ELMo model training algorithm

  1. Initialize the word vectors:
  • The word vectors are usually initialized randomly using a Gaussian distribution.
  • Alternatively, you can use pre-trained word vectors such as Word2Vec or GloVe.
  1. Process the input sequence:
  • Input the sequence of words w[1], w[2], ..., w[t-1] into the forward layer and the backward layer.
  • The forward layer processes the words from left to right, and the backward layer processes the words from right to left.
  • Each layer has its own set of weights and biases, which are updated during training.
  1. Compute the output:
  • The output of the forward layer and the backward layer are combined to form the final output o[t].
  • The final output is used to predict the next word w[t].
  1. Compute the loss:
  • The loss is computed as the difference between the predicted word w[t] and the true word w[t].
  • The loss function is usually the cross-entropy loss, which measures the difference between the predicted probability distribution and the true probability distribution.
  1. Update the weights and biases:
  • The weights and biases of the forward and backward layers are updated using gradient descent and backpropagation.
  1. Repeat steps 2-5 for all words in the input sequence.

ELMo generates contextualized word embeddings by combining the hidden states of a bi-directional language model (BLM) in a specific way.

The BLM consists of two layers: a forward layer that processes the input words from left to right, and a backward layer that processes the input words from right to left. The hidden state of the BLM at each position t is a vector h[t] that represents the context of the word at that position.

To generate the contextualized embedding for a word, ELMo concatenates the hidden states from the forward and backward layers and applies a weighted summation. The hidden states are combined using a task-specific weighting of all biLM layers. The weighting is controlled by a set of learned weights γ_task and a bias term s_task. The ELMo embeddings for a word at position k are computed as a weighted sum of the hidden states from all L layers of the biLM:

ELMo_task_k = E(R_k; Θtask) = γ_task_L * h_LM_k,L + γ_task{L-1} * h_LM_k,{L-1} + … + γ_task_0 * h_LM_k,0 + s_task

Here, h_LM_k,j represents the hidden state at position k and layer j of the biLM, and γ_task_j and s_task are the task-specific weights and bias term, respectively. The task-specific weights and bias term are learned during training, and are used to combine the hidden states in a way that is optimal for the downstream task.

Using ELMo for NLP tasks

ELMo can be used to improve the performance of supervised NLP tasks by providing context-dependent word embeddings that capture not only the meaning of the individual words, but also their context in the sentence.

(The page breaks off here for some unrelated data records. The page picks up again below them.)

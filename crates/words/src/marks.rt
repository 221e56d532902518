ghost use Rattle.std.specs.Prelude.{◌≡◌};
ghost use Rattle.words.specs.Marks.{no_marks, is_marked};

/// What a running transaction did with a line of its hart's cache: the R and W bits of LogTM (Moore and others, HPCA 2006), and
/// one more.
#[derive(Clone, Copy, Debug, PartialEq, Eq)]
pub struct Marks {
    /// R: it has read the block.
    pub read: bool,
    /// W: it has written the block.
    pub written: bool,
    /// X: the line was filled after the transaction had overflowed, that is, had given up a marked line. Since that may have been
    /// this block, the line counts as read and written.
    pub overflowed: bool,
}

impl Marks {
    /// The marks of a line that no transaction has used.
    pub const fn none() -> Self
        ensures { result ≡ no_marks }
    {
        Marks {
            read: false,
            written: false,
            overflowed: false,
        }
    }

    /// Whether the transaction has, or may have, used the line.
    pub fn is_marked(self) -> bool
        ensures { result ≡ is_marked self }
    {
        self.read || self.written || self.overflowed
    }
}
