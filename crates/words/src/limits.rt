/// How many bytes the undo log of a hart has.
pub const LOG_BYTES: usize = 4096;

/// How many records an undo log holds at most.
pub const LOG_RECORDS: usize = 113;

/// How many bytes the stack of a hart has.
pub const STACK_BYTES: usize = 4096;
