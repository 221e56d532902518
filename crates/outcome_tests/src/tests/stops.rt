//! Harts that are stopped, outside transactions and inside.

ghost use Rattle.outcomes.specs.Searches.{IsSearch};

use super::ends::{End, ends_found};
use super::searches::searched;
use crate::tests::claims::equal;
use outcomes::Outcomes;
use std::process::Abort;
use std::test::Fail;
use words::{Addr, Cause, Status};

const NOP: u32 = 0x0000_0013;

/// Programs that are stopped at their third word, and why.
#[rattlefmt::skip]
static STOPS: [([u32; 3], Cause); 16] = [
    ([NOP, NOP, 0], Cause::Illegal),
    ([NOP, NOP, 0x0060_006f], Cause::JumpMisaligned), // jal zero, 6
    ([NOP, NOP, 0x0020_2303], Cause::LoadMisaligned), // lw t1, 2(zero)
    ([NOP, NOP, 0x0060_21a3], Cause::StoreMisaligned), // sw t1, 3(zero)
    ([0x0002_02b7, NOP, 0x0002_a303], Cause::LoadOutside), // lui t0, 0x20; lw t1, 0(t0)
    ([0x0002_02b7, NOP, 0x0062_a023], Cause::StoreOutside), // lui t0, 0x20; sw t1, 0(t0)
    ([0x0000_12b7, NOP, 0x0062_a023], Cause::StoreText), // lui t0, 0x1; sw t1, 0(t0)
    ([0x0001_f2b7, NOP, 0x0002_a303], Cause::LogRegion), // lui t0, 0x1f; lw t1, 0(t0)
    ([0x0002_02b7, NOP, 0xfe62_ae23], Cause::LogRegion), // lui t0, 0x20; sw t1, -4(t0)
    ([0x0020_0293, NOP, 0x0072_a32f], Cause::StoreMisaligned), // li t0, 2; amoadd.w t1, t2, (t0)
    ([0x0002_02b7, NOP, 0x0072_a32f], Cause::StoreOutside), // lui t0, 0x20; amoadd.w t1, t2, (t0)
    ([0x0000_12b7, NOP, 0x0072_a32f], Cause::StoreText), // lui t0, 0x1; amoadd.w t1, t2, (t0)
    ([0x0020_0893, NOP, 0x0000_0073], Cause::BadCall), // li a7, 2; ecall
    ([NOP, NOP, 0x0010_0073], Cause::Breakpoint), // ebreak
    ([NOP, NOP, 0x0000_100b], Cause::OutsideTransaction), // tcommit
    ([NOP, NOP, 0x0000_200b], Cause::OutsideTransaction), // tabort
];

/// The only end that a search found, which is to have found all.
fn end_of_all(rt: &(impl Abort + AllocGlobal), outcomes: &Outcomes) -> Result<End, Fail>
    requires { IsSearch outcomes.now }
{
    let mut ends = ends_found(rt.alloc(), outcomes)?;
    equal(rt, &(outcomes.is_all, ends.len()), &(true, 1));
    Ok(ends.pop().ok_or("no end")?)
}

/// The only end of a program of one hart.
fn only_end(rt: &(impl Abort + AllocGlobal), text: &[u32]) -> Result<End, Fail> {
    let outcomes = searched(rt.alloc(), text, 1, 20_000)?;
    end_of_all(rt, &outcomes)
}

/// That a program of one hart has one end: it is stopped for this cause at this pc, and stands there.
fn check_stop(
    rt: &(impl Abort + AllocGlobal),
    text: &[u32],
    cause: Cause,
    at: u32,
) -> Result<(), Fail> {
    let end = only_end(rt, text)?;
    equal(rt, &end.0, &Status::Stopped(cause, Addr::new(at)));
    equal(rt, &end.1, &at);
    Ok(())
}

#[test]
fn a_hart_is_stopped_outside_transactions(rt: HostRuntime) -> Result<(), Fail> {
    for (text, cause) in &STOPS {
        check_stop(&rt, text, *cause, 0x1008)?;
    }
    // Behind the last word, and jal zero, 0x800.
    check_stop(&rt, &[NOP, NOP], Cause::FetchOutside, 0x1008)?;
    check_stop(&rt, &[0x0010_006f], Cause::FetchOutside, 0x1800)
}

/// The cause of a word inside a transaction, if it has one there.
fn cause_inside(cause: Cause) -> Option<Cause> {
    match cause {
        Cause::BadCall | Cause::Breakpoint => Some(Cause::CallInTransaction),
        Cause::OutsideTransaction => None,
        _ => Some(cause),
    }
}

/// Words that stand before others: a transaction stores 7 over the 9 that was stored before.
#[rattlefmt::skip]
const BEGUN: [u32; 8] = [
    0x0090_0293, // li t0, 9
    0x0450_2023, // sw t0, 64(zero)
    0x0400_000b, // tbegin 64
    0x0070_0293, // li t0, 7
    0x0450_2023, // sw t0, 64(zero)
    NOP,
    NOP,
    NOP,
];

/// That a hart which is stopped for this cause in a transaction is rolled back first: it stands at the begin's abort, t0 and the word at 64 are as they
/// were before.
fn check_rolled_back(
    rt: &(impl Abort + AllocGlobal),
    words: &[u32; 3],
    cause: Cause,
) -> Result<(), Fail> {
    let mut text = BEGUN;
    text[5..].copy_from_slice(words);
    let end = only_end(rt, &text)?;
    let stopped = Status::Stopped(cause, Addr::new(0x101c));
    equal(
        rt,
        &end,
        &(stopped, 0x1048, 9, [Some(0), Some(0), Some(9), Some(0)]),
    );
    Ok(())
}

#[test]
fn a_hart_is_stopped_inside_transactions(rt: HostRuntime) -> Result<(), Fail> {
    for (words, cause) in &STOPS {
        if let Some(inside) = cause_inside(*cause) {
            check_rolled_back(&rt, words, inside)?;
        }
    }
    // li a7, 93; ecall
    let exit = [NOP, 0x05d0_0893, 0x0000_0073];
    check_rolled_back(&rt, &exit, Cause::CallInTransaction)
}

To use a pre-trained bi-directional language model (biLM) for a supervised NLP task, the first step is to run the biLM and record the layer representations for each word in the input sequence. These layer representations capture the context-dependent information about the words in the sentence, and can be used to augment the context-independent token representation of each word.

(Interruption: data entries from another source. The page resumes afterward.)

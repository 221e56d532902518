//! The ends of programs of one hart, read out.

ghost use Rattle.outcomes.specs.Searches.{IsSearch};

use flat::Engine;
use outcomes::Outcomes;
use std::alloc::{AllocError, Global};
use words::{Addr, HartId, Reg, Status};

/// What is to be seen of an end: the hart's status, its pc and its t0, and the words at 0, 32, 64 and 0x2000.
pub(crate) type End = (Status, u32, u32, [Option<u32>; 4]);

fn end_of<E: Engine>(engine: &E) -> Option<End> {
    let (regs, pc, status) = engine.regs(HartId::new(0))?;
    let words = [
        engine.peek(Addr::new(0)),
        engine.peek(Addr::new(32)),
        engine.peek(Addr::new(64)),
        engine.peek(Addr::new(0x2000)),
    ];
    Some((status, pc.value(), regs.read(Reg::new(5)), words))
}

/// The ends that were found.
pub(crate) fn ends_found(alloc: Global, outcomes: &Outcomes) -> Result<Vec<End>, AllocError>
    requires { IsSearch outcomes.now }
{
    let mut ends = Vec::new(alloc);
    for place in &outcomes.ends(alloc)? {
        if let Some(standing) = outcomes.get(*place) {
            if let Some(end) = end_of(&standing) {
                ends.push(end)?;
            }
        }
    }
    Ok(ends)
}
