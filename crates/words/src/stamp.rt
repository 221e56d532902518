use crate::hart::HartId;

/// When a transaction began: how many new stamps the machine had given before, and its hart.
/// The earlier of two has the smaller count, or at one count the smaller hart.
#[derive(Clone, Copy, Debug, PartialEq, Eq)]
pub struct Stamp {
    pub count: u64,
    pub hart: HartId,
}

In most supervised NLP models, the lowest layers are shared across different tasks, and the task-specific information is encoded in the higher layers. This allows ELMo to be added to the model in a consistent and unified manner, by simply concatenating the ELMo embeddings with the context-independent token representation of each word.

The model then combines the ELMo embeddings with the context-independent token representation to form a context-sensitive representation h_k, typically using either bidirectional RNNs, CNNs, or feed-forward networks. The context-sensitive representation h_k is then used as input to the higher layers of the model, which are task-specific and encode the information needed to perform the target NLP task. It can be helpful to add a moderate amount of dropout to ELMo and to regularize the ELMo weights by adding a regularization term to the loss function. This can help to prevent overfitting and improve the generalization ability of the model.